──────── GIVEN RECORDS ────────
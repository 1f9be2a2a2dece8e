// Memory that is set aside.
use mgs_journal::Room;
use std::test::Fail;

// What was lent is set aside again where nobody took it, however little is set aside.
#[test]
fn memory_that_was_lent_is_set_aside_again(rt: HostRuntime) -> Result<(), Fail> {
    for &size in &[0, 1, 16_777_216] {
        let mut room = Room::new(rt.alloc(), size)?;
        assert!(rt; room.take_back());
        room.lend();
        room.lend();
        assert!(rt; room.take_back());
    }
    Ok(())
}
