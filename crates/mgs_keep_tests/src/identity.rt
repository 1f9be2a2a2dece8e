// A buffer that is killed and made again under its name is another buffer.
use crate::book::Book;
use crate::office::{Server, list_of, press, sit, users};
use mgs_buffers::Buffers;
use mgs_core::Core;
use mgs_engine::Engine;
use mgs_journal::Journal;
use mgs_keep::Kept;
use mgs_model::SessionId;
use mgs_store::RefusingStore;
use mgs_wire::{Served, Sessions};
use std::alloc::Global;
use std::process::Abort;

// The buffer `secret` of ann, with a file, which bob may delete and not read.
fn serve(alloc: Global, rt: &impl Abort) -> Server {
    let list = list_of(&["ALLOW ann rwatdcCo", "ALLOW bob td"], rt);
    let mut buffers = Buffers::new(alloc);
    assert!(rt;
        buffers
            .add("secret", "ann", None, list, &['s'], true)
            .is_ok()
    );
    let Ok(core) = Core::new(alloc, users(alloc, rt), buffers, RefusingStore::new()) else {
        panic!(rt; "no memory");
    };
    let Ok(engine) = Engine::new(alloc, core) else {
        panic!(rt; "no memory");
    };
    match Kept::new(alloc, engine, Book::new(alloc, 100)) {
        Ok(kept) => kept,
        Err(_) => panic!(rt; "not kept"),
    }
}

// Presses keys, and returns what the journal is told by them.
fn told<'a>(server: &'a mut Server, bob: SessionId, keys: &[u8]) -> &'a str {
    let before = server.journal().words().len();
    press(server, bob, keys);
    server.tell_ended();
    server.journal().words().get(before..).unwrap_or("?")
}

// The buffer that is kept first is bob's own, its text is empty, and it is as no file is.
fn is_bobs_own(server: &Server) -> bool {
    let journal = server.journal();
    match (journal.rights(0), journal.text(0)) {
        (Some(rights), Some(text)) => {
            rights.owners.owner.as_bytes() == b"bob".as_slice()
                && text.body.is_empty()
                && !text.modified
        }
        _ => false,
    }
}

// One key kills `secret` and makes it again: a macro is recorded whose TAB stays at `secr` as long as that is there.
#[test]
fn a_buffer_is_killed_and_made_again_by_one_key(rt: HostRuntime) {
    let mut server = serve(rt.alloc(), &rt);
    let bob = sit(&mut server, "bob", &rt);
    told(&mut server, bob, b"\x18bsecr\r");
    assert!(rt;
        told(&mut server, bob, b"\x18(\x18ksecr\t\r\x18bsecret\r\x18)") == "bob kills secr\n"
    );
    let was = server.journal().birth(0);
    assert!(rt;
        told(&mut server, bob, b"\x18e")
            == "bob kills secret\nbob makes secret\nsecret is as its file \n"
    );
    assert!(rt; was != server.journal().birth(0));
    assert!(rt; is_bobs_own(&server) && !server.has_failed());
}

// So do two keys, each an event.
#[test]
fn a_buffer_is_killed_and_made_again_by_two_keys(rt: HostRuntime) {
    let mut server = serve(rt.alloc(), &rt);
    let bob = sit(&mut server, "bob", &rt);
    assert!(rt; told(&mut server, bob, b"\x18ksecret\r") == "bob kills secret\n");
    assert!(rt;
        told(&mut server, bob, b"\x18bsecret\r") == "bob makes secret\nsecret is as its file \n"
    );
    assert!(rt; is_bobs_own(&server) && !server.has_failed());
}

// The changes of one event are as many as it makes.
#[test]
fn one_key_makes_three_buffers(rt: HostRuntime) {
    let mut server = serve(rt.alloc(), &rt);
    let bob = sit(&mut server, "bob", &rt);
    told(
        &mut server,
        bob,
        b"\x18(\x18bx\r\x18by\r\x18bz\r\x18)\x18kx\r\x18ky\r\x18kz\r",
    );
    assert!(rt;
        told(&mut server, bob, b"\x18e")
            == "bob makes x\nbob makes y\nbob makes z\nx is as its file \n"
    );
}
────────
*THE PROBLEM*.
Output only the lines from the one holding "fn one_key_makes_three_buffers(rt: HostRuntime)" through the last line above, exactly as they appear.

*YOUR RESPONSE*.
fn one_key_makes_three_buffers(rt: HostRuntime) {
    let mut server = serve(rt.alloc(), &rt);
    let bob = sit(&mut server, "bob", &rt);
    told(
        &mut server,
        bob,
        b"\x18(\x18bx\r\x18by\r\x18bz\r\x18)\x18kx\r\x18ky\r\x18kz\r",
    );
    assert!(rt;
        told(&mut server, bob, b"\x18e")
            == "bob makes x\nbob makes y\nbob makes z\nx is as its file \n"
    );
}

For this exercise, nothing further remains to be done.